One way to see someone as human is to realize that, just like you, they have a family. Mann draws on hers in Mixed Reality, performing as her grandmother, her granddad and as herself. Looking to a bigger picture, the show also relates to the 1960s case of Mildred and Richard Loving, whose court case led to the U.S. Supreme Court declaring laws against mixed marriages unconstitutional.
There are those who own mixed blood and those who hide behind it. Cameron Diaz blithely confines her roles to films in which she can pretend to be white.
Tiger Woods went so far with his 1/32nd this and 2/18ths that blood count as to indignantly state he should not to be referred to as black. Coupled with his conspicuous affinity for slim blondes, it’s evident he’s in denial about a great deal of self-loathing.
Julia Anderson Mann plays no games with herself.

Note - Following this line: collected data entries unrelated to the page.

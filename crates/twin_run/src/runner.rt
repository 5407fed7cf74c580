//! The runner of a run at one width (docs/HOST.md, "Runs").
ghost use Rattle.std.specs.Prelude.{◌≡◌, ◌≢◌, ◌↔◌, ◌+◌, ◌-◌, ◌^◌, ◌<◌, ◌≤◌, false, min, IfOk, IfSome, IsTrue, None, length, map};
ghost use Rattle.std.specs.Prelude.{vec_capacity};
ghost use Rattle.std.specs.Bool.{OnFalse, OnTrue};
ghost use Rattle.ebc_width.specs.Width.{IsWidth};
ghost use Rattle.note_types.specs.Records.{IsNotes};
ghost use Rattle.note_types.specs.declared.ending.Ending.TheVariants.{Running};
ghost use Rattle.note_types.specs.declared.script.Script.{Script};
ghost use Rattle.pe_image.specs.Images.{IsImage};
ghost use Rattle.pe_image.specs.Mapped.{AreBytes};
ghost use Rattle.callex_thunk.specs.HostFrames.{saved_of};
ghost use Rattle.host_model.specs.HostPlans.{is_due};
ghost use Rattle.host_model.specs.HostSteps.{call_under_way, spot_of};
ghost use Rattle.host_model.specs.Placements.{own_placement};
ghost use Rattle.host_model.specs.Progress.{NoCall, ScriptPlace};
ghost use Rattle.host_model.specs.RunState.{RunState};
ghost use Rattle.host_model.specs.Runs.{run_of, run_step, running_step, world_of};
ghost use Rattle.host_model.specs.Scripts.{IsScript};
ghost use Rattle.host_model.specs.World.{World};
ghost use Rattle.native_host.specs.Hosts.{IsCalled};
ghost use Rattle.twin_run.specs.Runner.{GoesOnFor, IsAt, IsFree, IsMachines, IsQuiet, IsReady, IsRunner, Runs, TakesSteps, steps_on};

use crate::entering::numbers_of;
use crate::reports::RunReport;
use callex_thunk::NO_ENTRY;
use ebc_base::NoMemory;
use ebc_machine::Machine;
use frame_stack::FrameStack;
use native_host::Host;
use note_types::{Ending, Event, Notes, Script, Spot};
use object_memory::ObjMem;
use pe_image::Image;
use std::alloc::Global;

// How many instructions ahead a runner looks for a notification.
const AHEAD: u64 = 1_000;

/// A native call that a call instruction asks for.
#[derive(Clone, Copy)]
pub struct AskedCall {
    /// The place of the instruction, 0xFFFFFFFF outside the image.
    pub place: u32,
    /// The address that is called.
    pub target: u64,
}

/// A run of an image on the modelled host, at a width of `W` bytes, step by step (docs/HOST.md). Nothing is allocated once it is
/// started.
#[derive(Drop)]
pub struct Runner<const W: usize> {
    pub(crate) host: Host<W>,
    pub(crate) mem: ObjMem<W>,
    pub(crate) machine: Machine<W>,
    pub(crate) frames: FrameStack,
    // The native call that is asked for in the top frame, until the host accepts it.
    pub(crate) asked: Option<AskedCall>,
    // How many instructions are done, up to 2^64 - 1.
    pub(crate) done: u64,
    // While fewer instructions are done no native call is under way and no notification is due.
    pub(crate) quiet: u64,
    // How many steps it took, up to 2^64 - 1.
    pub(crate) taken: u64,
    // The bytes that the image takes.
    pub(crate) image_size: u32,
    pub(crate) ending: Ending,
}

/// Starts a run of an image under notes and with a script, all of which were read: the state before the first step.
///
/// # Errors
///
/// There is no memory for the run. No other call of the runner takes any.
pub fn start<const W: usize>(
    alloc: Global,
    image: &Image,
    notes: &Notes,
    script: &Script,
) -> Result<Runner<W>, NoMemory>
    requires width { IsWidth W }
    requires image { IsImage image.now }
    requires bytes { AreBytes image.now }
    requires notes { IsNotes notes.now }
    requires script { IsScript notes.now script.now }
    ensures start { IfOk result (λ x.
        IsRunner W (world_of image.now notes.now script.now) x
        (run_of W (world_of image.now notes.now script.now) (own_placement W (world_of image.now notes.now script.now)) image.now 0)) }
    ensures taken { IfOk result (λ x. x.taken ≡ 0) }
{
    let (host, mem) = native_host::start::<W>(alloc, image, notes, script)?;
    let frames = FrameStack::new(alloc)?;
    let numbers = numbers_of(&host, &script.args);
    let machine = Machine {
        regs: [host.stack_end(), 0, 0, 0, 0, 0, 0, 0],
        ip: host.gate(),
        flags: 0,
        gate: host.gate(),
    };
    let mut runner = Runner {
        host,
        mem,
        machine,
        frames,
        asked: None,
        done: 0,
        quiet: 0,
        taken: 0,
        image_size: image.size,
        ending: Ending::Running,
    };
    runner.enter(notes, notes.entry, numbers.as_slice(), false);
    Ok(runner)
}

impl<const W: usize> Runner<W> {
    /// One step of the run of an image under its notes and with its script, the host's or the machine's; it is counted. A run that
    /// ended stays as it is. The image is in the runner's memory since the start, so no step looks at this one.
    pub fn step(&mut self, image: &Image, notes: &Notes, script: &Script)
        requires width { IsWidth W }
        requires runs { Runs W notes.now script.now self.old }
        ensures step { (world : World) (r : RunState) → world.notes ≡ notes.now → world.script ≡ script.now → IsRunner W world self.old r →
            IsRunner W world self.new (run_step W world (own_placement W world) r) }
        ensures counted { self.old.ending ≡ Running → self.new.taken ≡ min (self.old.taken + 1) (2 ^ 64 - 1) }
        ensures over { self.old.ending ≢ Running → self.new ≡ self.old }
    {
        if let Ending::Running = self.ending {
            self.steps(notes, script, 1);
        }
    }

    // Steps of a run that goes on, at least one and at most so many, which are counted; how many they were.
    pub(crate) fn steps(&mut self, notes: &Notes, script: &Script, most: u64) -> u64
        requires width { IsWidth W }
        requires runs { Runs W notes.now script.now self.old }
        requires running { self.old.ending ≡ Running }
        requires some { 0 < most }
        ensures steps { TakesSteps W notes.now script.now self.old self.new result }
        ensures some { 0 < result }
        ensures most { result ≤ most }
    {
        let taken = self.taken;
        let steps = self.go_on(notes, script, most);
        self.taken = taken.saturating_add(steps);
        steps
    }

    // The same without the count.
    fn go_on(&mut self, notes: &Notes, script: &Script, most: u64) -> u64
        requires width { IsWidth W }
        requires runs { Runs W notes.now script.now self.old }
        requires running { self.old.ending ≡ Running }
        requires some { 0 < most }
        ensures steps { (world : World) (r : RunState) → world.notes ≡ notes.now → world.script ≡ script.now → IsRunner W world self.old r →
            IsRunner W world self.new (steps_on W world result r) }
        ensures goes_on { (world : World) (r : RunState) → world.notes ≡ notes.now → world.script ≡ script.now →
            IsRunner W world self.old r → GoesOnFor W world result r }
        ensures some { 0 < result }
        ensures most { result ≤ most }
    {
        match self.turn(notes, script) {
            None => 1,
            Some(free) => self.instructions(notes, if free < most { free } else { most }),
        }
    }

    // A step of the host, where it is the host's turn; else how many steps, at least one, are the machine's if they stay inside a
    // function and ask for nothing.
    fn turn(&mut self, notes: &Notes, script: &Script) -> Option<u64>
        requires width { IsWidth W }
        requires ready { IsReady W notes.now script.now self.old }
        requires quiet { IsQuiet script.now self.old }
        ensures host { (world : World) (r : RunState) → result ≡ None → world.notes ≡ notes.now → world.script ≡ script.now →
            IsAt W world self.old r → IsAt W world self.new (running_step W world (own_placement W world) r) }
        ensures machine { IfSome result (IsMachines W script.now self.old self.new) }
        ensures quiet { IsQuiet script.now self.new }
        ensures capacity { vec_capacity self.old.host.trace ≤ vec_capacity self.new.host.trace }
    {
        let free = self.free();
        if free > 0 {
            Some(free)
        } else if self.machine.ip == self.machine.gate {
            self.leave_function(notes);
            self.quiet = 0;
            None
        } else {
            self.look(notes, script)
        }
    }

    // How many steps are the machine's if they stay inside a function and ask for nothing, as far as it is known.
    pub(crate) fn free(&self) -> u64
        ensures inside { 0 < result → self.now.machine.ip ≢ self.now.machine.gate }
        ensures free { (script : Script) → 0 < result → IsQuiet script self.now → IsFree script self.now result }
    {
        if self.machine.ip == self.machine.gate {
            0
        } else {
            self.quiet.saturating_sub(self.done)
        }
    }

    // The same inside a function, where it has to be looked at whose turn it is.
    fn look(&mut self, notes: &Notes, script: &Script) -> Option<u64>
        requires width { IsWidth W }
        requires ready { IsReady W notes.now script.now self.old }
        requires inside { self.old.machine.ip ≢ self.old.machine.gate }
        ensures host { (world : World) (r : RunState) → result ≡ None → world.notes ≡ notes.now → world.script ≡ script.now →
            IsAt W world self.old r → IsAt W world self.new (running_step W world (own_placement W world) r) }
        ensures machine { IfSome result (IsMachines W script.now self.old self.new) }
        ensures quiet { IsQuiet script.now self.new }
        ensures capacity { vec_capacity self.old.host.trace ≤ vec_capacity self.new.host.trace }
    {
        if let Some(asked) = self.asked {
            self.call(notes, script, asked);
            self.quiet = 0;
            None
        } else if self.is_called() {
            self.next(notes, script);
            self.quiet = 0;
            None
        } else if self.host.due(script, self.done) {
            self.notify(notes, script);
            self.quiet = 0;
            None
        } else {
            self.quiet = self.quiet_ahead(script);
            Some(1)
        }
    }

    // Some instructions ahead, if no notification is due while fewer are done, and else none.
    fn quiet_ahead(&self, script: &Script) -> u64
        ensures { (at : ScriptPlace) → at.notifications ≡ self.now.host.notifications → at.instructions < result →
            is_due script.now at ≡ false }
    {
        let ahead = self.done.saturating_add(AHEAD);
        if self.host.due(script, ahead) {
            0
        } else {
            ahead
        }
    }

    // Whether a native call that the script answers is under way above the top frame.
    pub(crate) fn is_called(&self) -> bool
        requires { 0 < length self.now.frames }
        ensures called { OnTrue result (IsCalled self.now.frames) }
        ensures none { OnFalse result (call_under_way (map saved_of self.now.frames) ≡ NoCall) }
    {
        let (entry, _, _) = self.frames.mark();
        entry != NO_ENTRY
    }

    // Whether the run goes on.
    pub(crate) fn is_running(&self) -> bool
        ensures { IsTrue result ↔ (self.now.ending ≡ Running) }
    {
        matches!(self.ending, Ending::Running)
    }

    /// How the run ended, or that it goes on.
    pub fn ending(&self) -> Ending
        ensures { (world : World) (r : RunState) → IsRunner W world self.now r → result ≡ r.ending }
    {
        self.ending
    }

    /// Where the run stands.
    pub fn spot(&self) -> Spot
        ensures { (world : World) (r : RunState) → IsRunner W world self.now r → result ≡ spot_of world (own_placement W world) r.machine }
    {
        if self.machine.ip == self.machine.gate {
            return Spot::Gate;
        }
        match self.image_place(self.machine.ip) {
            Some(place) => Spot::Place(place),
            None => Spot::Wild(self.machine.ip),
        }
    }

    /// The events so far, the first one first.
    pub fn trace(&self) -> &Vec<Event>
        ensures { (world : World) (r : RunState) → IsRunner W world self.now r → result.now.items ≡ r.trace }
    {
        self.host.trace()
    }

    /// What the run shows: how many steps it took, where it stands, how it ended, or that it goes on, and its events, handed over.
    pub fn report(self) -> RunReport
        ensures steps { result.steps ≡ self.entry.taken }
        ensures spot { (world : World) (r : RunState) → IsRunner W world self.entry r →
            result.spot ≡ spot_of world (own_placement W world) r.machine }
        ensures ending { (world : World) (r : RunState) → IsRunner W world self.entry r → result.ending ≡ r.ending }
        ensures events { (world : World) (r : RunState) → IsRunner W world self.entry r → result.events.items ≡ r.trace }
    {
        RunReport {
            steps: self.taken,
            spot: self.spot(),
            ending: self.ending,
            events: self.host.into_trace(),
        }
    }
}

Indeed, she speaks plainly about reflections on, among other aspects of her state in life, how Black she is and isn’t perceived as being.
Mixed Reality: My Multi-Racial World’s Minnesota Fringe Festival debut brings to the Twin Cities a tour that opened in 2008 at Luther College (Decorah, IA), going on to play small town Minnesota in Wycoff, Harmony, Laneboro and more. Since 2009, it has played community venues, among them Washburn High School, Oak Grove Middle School and Central Lutheran Church.
Mann’s acting credentials are in order: Her training includes performing in her youth (she’s 23) at Children’s Theatre Company (Madeline’s Rescue, Beggars’ Strike, A Very Old Man with Enormous Wings) and Stepping Stone Theater Youth Performance Company (Buried Treasure at Old Fort Snelling).
She (JAM) spoke with the MSR at a Minneapolis coffee shop.
MSR: Why’d you create this show?
JAM: It was a way to share an affirmative story about identity, the issue of being biracial.
MSR: Tell more about those issues.
JAM: I have a hard time knowing if I’m paired with a race. I struggle with what group or path to take based on where society puts me. I don’t know if it’s a wall I need to break down [to be] in the right place with myself, accepted for who I am.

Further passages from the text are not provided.